Test and learn is still important
Some may be thinking that this goes against the concept of test and learn. In the current dynamic market, it is important to be constantly testing the strategy to ensure you have the right mix, rather then sitting and waiting for a poor result to force a change.
Some marketers complain that they simply do not have the budget to test and learn because their entire budget is committed to executing their current strategy. But undertaking the roster review can release the budget from the waste and duplication that already exists in a poorly aligned roster.
The next issue is then how you are going to undertake the test and learn process. Some marketers confuse the test and learn approach with simply adding new capabilities to the strategy mix without setting up parameters to test the effectiveness of these new services. More and more get added and no-one ends up assessing the results leading to failure. Ironically leading to bloated and wasteful agency rosters.
You have heard the concept of ‘fail fast’ but the fact is testing something and getting a negative result is not a failure as you have learnt that it did not work. But doing things and getting a negative result is a failure if you did not learn what it was that was not working.
How to stop strategy being sales
One way is to eliminate all of the outsourced strategists that do not contribute to the overall strategy. Here’s a hint on how to identify them, look for a specialist discipline descriptor that precedes the word strategy in their title. See the first paragraph for some examples.
The fact is that a strategy should be solving a problem and that problem should be aligned to achieving an organisation objective. How to invest your media budget is not really a strategy, it is a plan. How to implement and execute social media requires a plan. The plan can have an objective and that objective should be aligned to a business objective.
I know some people get really confused here with the nuance of the language. But let’s use this simple example to demonstrate the difference.

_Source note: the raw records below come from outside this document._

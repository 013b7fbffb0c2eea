//! A slot over a fake stream.
use crate::ready::fake::{Counts, Fake};
use crate::ready::peer::{BEGUN, CUT, OURS, TWICE, WHOLE, connection};
use amqp_conn::*;
use amqp_ready::{Inbox, Next, Served, Slot, SlotFault};
use std::alloc::Global;

/// What a peer says, in parts of so many octets, and how many it takes; what the handler wants next.
type Peer = (&'static [u8], usize, usize, Next);

/// How turns of a slot end: how many octets went out, which are a front of ours, and how often the handler was told. Or the fault alone.
type End = Result<(Served, usize, u32), SlotFault>;

const ENDED: &[(Peer, End)] = &[
    // short reads and writes
    ((WHOLE, 3, 999, Next::Feed), Ok((Served::Ended, 46, 1))),
    ((WHOLE, 9, 999, Next::Write), Ok((Served::Ended, 46, 1))),
    ((WHOLE, 64, 999, Next::Feed), Ok((Served::Ended, 46, 1))),
    // the peer takes no more
    ((WHOLE, 7, 20, Next::Feed), Ok((Served::Waits, 20, 1))),
    ((WHOLE, 7, 0, Next::Feed), Ok((Served::Waits, 0, 1))),
    // faults
    (
        (TWICE, 9, 999, Next::Feed),
        Err(SlotFault::Conn(ConnFault::OutOfPlace)),
    ),
    ((CUT, 9, 999, Next::Feed), Err(SlotFault::EndOfInput)),
];

/// So many turns at most.
fn serve(alloc: Global, slot: &mut Slot<Fake, Counts>, turns: u32) -> Result<Served, SlotFault> {
    let mut inbox = Inbox::new(alloc);
    let mut last = Ok(Served::Waits);
    for _ in 0..turns {
        last = slot.serve(&mut inbox);
        if last == Ok(Served::Ended) || last.is_err() {
            break;
        }
        slot.rest_room(&mut inbox);
    }
    last
}

/// The slot ends so, behind turns that came to this.
fn is_at(slot: &Slot<Fake, Counts>, last: Result<Served, SlotFault>, end: &End) -> bool {
    match (last, end) {
        (Ok(last), Ok((served, out, told))) => {
            let took = slot.stream().took.as_slice();
            last == *served
                && took.len() == *out
                && OURS.starts_with(took)
                && slot.handler().told == *told
                && slot.unfed() == 0
        }
        (Err(last), Err(fault)) => last == *fault,
        _ => false,
    }
}

/// The same of a new slot.
fn ends(alloc: Global, peer: &Peer, end: &End) -> bool {
    match connection(alloc) {
        Some(conn) => {
            let (says, part, room, next) = *peer;
            let fake = Fake::new(alloc, says, false, part, room);
            let mut slot = Slot::new(alloc, fake, conn, Counts::new(next));
            let last = serve(alloc, &mut slot, 99);
            let is_so = is_at(&slot, last, end);
            drop(slot);
            is_so
        }
        None => false,
    }
}

/// A first turn brings the header, the open and the begin, and leaves the begin to the second, which answers it by 800 octets, and writes them. Nobody wakes it.
fn ends_by_itself(alloc: Global, conn: Conn) -> bool {
    let mut fake = Fake::new(alloc, BEGUN, false, 60, 9999);
    fake.is_eager = true;
    let mut slot = Slot::new(alloc, fake, conn, Counts::new(Next::Write));
    slot.hold_at(800);
    let mut inbox = Inbox::new(alloc);
    let mut last = slot.serve(&mut inbox);
    slot.handler_mut().next = Next::Feed;
    slot.handler_mut().beats = 100;
    for _ in 0..9 {
        if last != Ok(Served::Again) {
            break;
        }
        last = slot.serve(&mut inbox);
    }
    let is_so = last == Ok(Served::Ended) && slot.unsent() == 0;
    drop(slot);
    is_so
}

#[test]
fn a_slot_that_held_goes_on(rt: HostRuntime) {
    match connection(rt.alloc()) {
        Some(conn) => {
            assert!(rt; ends_by_itself(rt.alloc(), conn));
        }
        None => {
            assert!(rt; false);
        }
    }
}

#[test]
fn a_slot_ends_so(rt: HostRuntime) {
    for (peer, end) in ENDED {
        assert!(rt; ends(rt.alloc(), peer, end));
    }
}
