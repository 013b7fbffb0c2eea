//! Connections over sockets of the loopback, both ends on one thread.
use crate::ready::peer::connection;
use amqp_conn::{Conn, Given, Op, Phase, Refusal};
use amqp_ready::{Admitted, Driver, Handler, Lent, Next, Recorded, SlotFault, Stage, Way, Welcome};
use mio::net::{TcpListener, TcpStream};
use std::alloc::Global;
use std::io;
use std::net::{IpAddr, Ipv4Addr, Net, SocketAddr};
use std::time::Duration;

/// Closes its connection as soon as it is open.
#[derive(Drop)]
struct Closes;

impl Handler for Closes {
    ghost use Rattle.std.specs.Prelude.{None};

    ghost told = { λ c. None };

    fn take(&mut self, _conn: &mut Lent, given: Given) -> Result<Next, Refusal> {
        drop(given);
        Ok(Next::Feed)
    }

    fn go_on(&mut self, conn: &mut Lent) -> Result<bool, Refusal> {
        if conn.conn().phase() == Phase::Running {
            let _ = conn.close(None);
        }
        Ok(false)
    }
}

/// A listener at the loopback, and its address.
fn listener<R: Net>(rt: &R) -> io::Result<(TcpListener, SocketAddr)> {
    let here = SocketAddr::new(IpAddr::V4(Ipv4Addr::new(127, 0, 0, 1)), 0);
    let listener = TcpListener::bind(rt, here)?;
    let there = listener.local_addr()?;
    Ok((listener, there))
}

/// Two ends of a socket of the loopback.
fn ends<R: Net>(rt: &R) -> io::Result<(TcpStream, TcpStream)> {
    let (listener, there) = listener(rt)?;
    let near = TcpStream::connect(rt, there)?;
    let (far, _) = accept(&listener)?;
    Ok((near, far))
}

/// The connection that was begun. It is there at once, or soon.
fn accept(listener: &TcpListener) -> io::Result<(TcpStream, SocketAddr)> {
    for _ in 0..u32::MAX {
        match listener.accept() {
            Err(error) if error.kind() == io::ErrorKind::WouldBlock => {}
            answer => return answer,
        }
    }
    listener.accept()
}

/// A connection more over this stream.
fn add(alloc: Global, driver: &mut Driver<Closes>, stream: TcpStream) -> bool {
    match connection(alloc) {
        Some(conn) => driver.add(stream, conn, Closes).is_ok(),
        None => {
            drop(stream);
            false
        }
    }
}

/// A turn, which waits for so long at most as no test should.
fn turn(driver: &mut Driver<Closes>) -> bool {
    driver.turn(Some(Duration::from_secs(9))).is_ok()
}

/// Why a slot has ended that is taken out.
fn fault_of(driver: &mut Driver<Closes>) -> Option<Option<SlotFault>> {
    match driver.take_ended() {
        Some(ended) => {
            let fault = ended.fault;
            drop(ended);
            Some(fault)
        }
        None => None,
    }
}

/// Turns until a slot has ended: why.
fn turn_to_an_end(driver: &mut Driver<Closes>) -> Option<Option<SlotFault>> {
    for _ in 0..1000 {
        if !turn(driver) {
            break;
        }
        let fault = fault_of(driver);
        if fault.is_some() {
            return fault;
        }
    }
    None
}

/// Both ends of a socket are slots of one driver, and end.
fn both_close<R: Net>(rt: &R, alloc: Global, driver: &mut Driver<Closes>) -> bool {
    let Ok((near, far)) = ends(rt) else {
        return false;
    };
    let is_near = add(alloc, driver, near);
    let is_far = add(alloc, driver, far);
    is_near
        && is_far
        && turn_to_an_end(driver) == Some(None)
        && turn_to_an_end(driver) == Some(None)
        && driver.slots().is_empty()
}

/// The near end of a socket is a slot, and its far end is gone.
fn adds_one<R: Net>(rt: &R, alloc: Global, driver: &mut Driver<Closes>) -> bool {
    let Ok((near, far)) = ends(rt) else {
        return false;
    };
    let is_near = add(alloc, driver, near);
    drop(far);
    is_near
}

/// Of two peers one goes: its slot ends, and the other does not.
fn one_goes<R: Net>(rt: &R, alloc: Global, driver: &mut Driver<Closes>) -> bool {
    let is_one = adds_one(rt, alloc, driver);
    let Ok((other, silent)) = ends(rt) else {
        return false;
    };
    let is_other = add(alloc, driver, other);
    let ended = turn_to_an_end(driver);
    drop(silent);
    let fell = matches!(
        ended,
        Some(Some(SlotFault::EndOfInput | SlotFault::Read | SlotFault::Write))
    );
    is_one && is_other && fell && driver.slots().len() == 1
}

/// Lets so many peers in.
#[derive(Drop)]
struct Lets {
    alloc: Global,
    left: u32,
}

impl Welcome<Closes> for Lets {
    fn welcome(&mut self, _from: SocketAddr) -> Option<(Conn, Closes)> {
        if self.left == 0 {
            return None;
        }
        self.left -= 1;
        match connection(self.alloc) {
            Some(conn) => Some((conn, Closes)),
            None => None,
        }
    }
}

/// A near end more, of a socket to this address.
fn connects<R: Net>(rt: &R, alloc: Global, driver: &mut Driver<Closes>, there: SocketAddr) -> bool {
    match TcpStream::connect(rt, there) {
        Ok(stream) => add(alloc, driver, stream),
        Err(_) => false,
    }
}

/// Two peers at a listener of the driver's, whose near ends are its own too.
fn listens<R: Net>(rt: &R, alloc: Global, driver: &mut Driver<Closes>) -> bool {
    let Ok((listener, there)) = listener(rt) else {
        return false;
    };
    driver.listen(listener).is_ok()
        && connects(rt, alloc, driver, there)
        && connects(rt, alloc, driver, there)
}

/// Turns, and lets peers in, until no slot is left: how many were let in, how many were turned away, and how many slots ended without a fault.
fn turn_to_all_ends(driver: &mut Driver<Closes>, lets: &mut Lets) -> [usize; 3] {
    let mut counts = [0usize; 3];
    for _ in 0..1000 {
        if driver.slots().is_empty() || !turn(driver) {
            break;
        }
        let Ok(Admitted { added, turned_away }) = driver.admit(lets) else {
            break;
        };
        let [all_added, all_turned_away, well] = counts;
        counts = [
            all_added.saturating_add(added),
            all_turned_away.saturating_add(turned_away),
            well.saturating_add(usize::from(fault_of(driver) == Some(None))),
        ];
    }
    counts
}

/// Of two peers one is let in.
fn one_is_let_in<R: Net>(rt: &R, alloc: Global, driver: &mut Driver<Closes>) -> bool {
    let mut lets = Lets { alloc, left: 1 };
    listens(rt, alloc, driver)
        && turn_to_all_ends(driver, &mut lets) == [1, 1, 2]
        && driver.slots().is_empty()
}

/// A turn that would wait is woken; and an operation of the program's own is done, or told that no connection is there.
fn is_woken(driver: &mut Driver<Closes>) -> bool {
    let Ok(waker) = driver.waker() else {
        return false;
    };
    let is_awake = waker.wake().is_ok()
        && matches!(driver.turn(None), Ok(round) if round.turns == 0);
    drop(waker);
    is_awake && driver.perform(7, Op::Beat).is_none()
}

/// A connection that is not open yet refuses an operation.
fn is_refused<R: Net>(rt: &R, alloc: Global, driver: &mut Driver<Closes>) -> bool {
    let key = driver.slots().next_key();
    adds_one(rt, alloc, driver) && driver.perform(key, Op::Beat) == Some(Err(Refusal::NotRunning))
}

/// What was recorded of a stream, each way: how many octets, and a number that their order makes.
#[derive(Clone, Copy, PartialEq, Eq)]
struct Heard {
    read: (usize, u64),
    written: (usize, u64),
}

const NOTHING: (usize, u64) = (0, 0);

/// These octets more.
fn summed(sum: (usize, u64), octets: &[u8]) -> (usize, u64) {
    let (count, mut number) = sum;
    for octet in octets {
        number = number.wrapping_mul(31).wrapping_add(u64::from(*octet));
    }
    (count.wrapping_add(octets.len()), number)
}

/// All that was recorded of the stream under the key; none where that was cut.
fn heard_of(driver: &mut Driver<Closes>, key: usize) -> Option<Heard> {
    let mut heard = Heard {
        read: NOTHING,
        written: NOTHING,
    };
    for _ in 0..1000 {
        match driver.take_recorded(key) {
            Some(Recorded::Octets(Way::In, octets)) => {
                heard.read = summed(heard.read, octets.as_slice());
            }
            Some(Recorded::Octets(Way::Out, octets)) => {
                heard.written = summed(heard.written, octets.as_slice());
            }
            Some(Recorded::Cut) => return None,
            None => break,
        }
    }
    Some(heard)
}

/// Turns until both slots have ended, which are not taken out.
fn turn_to_both_ends(driver: &mut Driver<Closes>, near: usize, far: usize) -> bool {
    for _ in 0..1000 {
        let over = Some(Stage::Over(None));
        if driver.slots().stage(near) == over && driver.slots().stage(far) == over {
            return true;
        }
        if !turn(driver) {
            return false;
        }
    }
    false
}

/// Something went each way, and each end has read what the other one wrote. Nothing more is there.
fn are_alike(driver: &mut Driver<Closes>, near: usize, far: usize) -> bool {
    let (Some(one), Some(other)) = (heard_of(driver, near), heard_of(driver, far)) else {
        return false;
    };
    let is_something = one.read != NOTHING && other.read != NOTHING;
    let are_alike = one.read == other.written && other.read == one.written;
    is_something
        && are_alike
        && heard_of(driver, near).is_some_and(|it: Heard| -> bool { it.written == NOTHING })
}

/// Of both ends of a socket each has heard what the other one sent.
fn is_recorded<R: Net>(rt: &R, alloc: Global, driver: &mut Driver<Closes>) -> bool {
    let Ok((near, far)) = ends(rt) else {
        return false;
    };
    driver.record(alloc);
    let near_key = driver.slots().next_key();
    let is_near = add(alloc, driver, near);
    let far_key = driver.slots().next_key();
    let is_far = add(alloc, driver, far);
    is_near
        && is_far
        && turn_to_both_ends(driver, near_key, far_key)
        && are_alike(driver, near_key, far_key)
}

/// What a driver does.
#[derive(Clone, Copy)]
enum Case {
    BothClose,
    Recorded,
    OneGoes,
    OneIsLetIn,
    Woken,
    Refused,
}

const CASES: &[Case] = &[
    Case::BothClose,
    Case::Recorded,
    Case::OneGoes,
    Case::OneIsLetIn,
    Case::Woken,
    Case::Refused,
];

/// The case, over a driver of its own, which no way out but the last lets go.
fn holds<R: AllocGlobal + Net>(rt: &R, case: Case) -> bool {
    let alloc = rt.alloc();
    let Ok(mut driver) = Driver::new(rt, alloc, 8) else {
        return false;
    };
    let answer = match case {
        Case::BothClose => both_close(rt, alloc, &mut driver),
        Case::Recorded => is_recorded(rt, alloc, &mut driver),
        Case::OneGoes => one_goes(rt, alloc, &mut driver),
        Case::OneIsLetIn => one_is_let_in(rt, alloc, &mut driver),
        Case::Woken => is_woken(&mut driver),
        Case::Refused => is_refused(rt, alloc, &mut driver),
    };
    drop(driver);
    answer
}

#[test]
fn drivers_hold_over_sockets(rt: HostRuntime) {
    for case in CASES {
        assert!(rt; holds(&rt, *case));
    }
}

If the business objective is to grow market share by 5%, the strategy outlines the marketing disciplines or channels being used to achieve this and the level of investment and results for each of those disciplines to contribute to delivering this objective. Then all that is required is a plan for each discipline on how to achieve this.
These are not more strategies, they are simply the specific, individual plans aligned to delivering the agreed strategic objective.
In this way you do not need five, ten, twenty or more specialist strategists telling you how to integrate their specific discipline into your marketing plan, you just need the one agreed strategy from which all these plans are aligned.
TrinityP3’s Strategic Supplier Alignment service helps you to untangle your supplier roster, understand its strengths and weaknesses, and develop an optimal structure to improve your performance. Learn more here
2 thoughts on “Are your agency strategists really salespeople in disguise?”
so isn't the logical conclusion to the challenge of managing and paying for this glut of specialist strategists to end the 'village model' and move back to one overall agency partner with whom clients can develop a strategy that can then be planned and executed by disciplinary experts either within that agency or as separate implementation experts
Hi Nick, I do not see how this is a logical conclusion. You can still have a village of specialists but reward them for results and not simply the number of hours they work. We have very successfully created remuneration models that effectively reward agencies for not doing something if it means delivering results. So to say it is logical appears illogical to me. Get a group of specialist strategists and collectively reward them for thinking that leads to delivering results and not reward them for simply recommending and selling their specialist services. Now that is logical.